Your task is to return the span of lines beginning at the one with "are the same." and ending at the last line of the data, exactly as it stands.

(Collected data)

***

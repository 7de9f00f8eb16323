ghost use Rattle.std.specs.Prelude.{◌≡◌, ◌↔◌, IsTrue, IfOk};
ghost use Rattle.cc_lattice.specs.Orders.{IsLeastUpperBound};

use cc_num::NoMemory;
use std::alloc::Global;

/// Values with a partial order, of which each two of one kind have a least upper bound.
///
/// Only values of one kind are compared and joined, and what the laws say of an order they say of
/// values of one kind.
pub trait Lattice: Drop {
    /// Whether two values are of one kind.
    ghost AreAlike: { Self → Self → Type 0 };

    /// The order: the value is below the other, or the same.
    ghost IsBelow: { Self → Self → Type 0 };

    /// Whether the value is below the other, or the same.
    fn below(&self, other: &Self) -> bool
        requires { AreAlike self.now other.now }
        ensures { IsTrue result ↔ IsBelow self.now other.now };

    /// The least value that both are below.
    fn join(&self, alloc: Global, other: &Self) -> Result<Self, NoMemory>
        requires { AreAlike self.now other.now }
        ensures { IfOk result (λ both. IsLeastUpperBound AreAlike IsBelow self.now other.now both) };

    /// A value that is of one kind with another is of one kind with itself.
    ghost alike_itself: { (x y : Self) → AreAlike x y → AreAlike x x };

    /// To be of one kind goes both ways.
    ghost alike_back: { (x y : Self) → AreAlike x y → AreAlike y x };

    /// A value is below itself.
    ghost below_itself: { (x : Self) → AreAlike x x → IsBelow x x };

    /// What is below a value that is below a third is below the third.
    ghost below_through: { (x y z : Self) → AreAlike x y → AreAlike y z → AreAlike x z →
        IsBelow x y → IsBelow y z → IsBelow x z };

    /// Values that are below one another are the same.
    ghost below_both_ways: { (x y : Self) → AreAlike x y → IsBelow x y → IsBelow y x → x ≡ y };
}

***

**SOLUTION BELOW**
    /// Values that are below one another are the same.
    ghost below_both_ways: { (x y : Self) → AreAlike x y → IsBelow x y → IsBelow y x → x ≡ y };
}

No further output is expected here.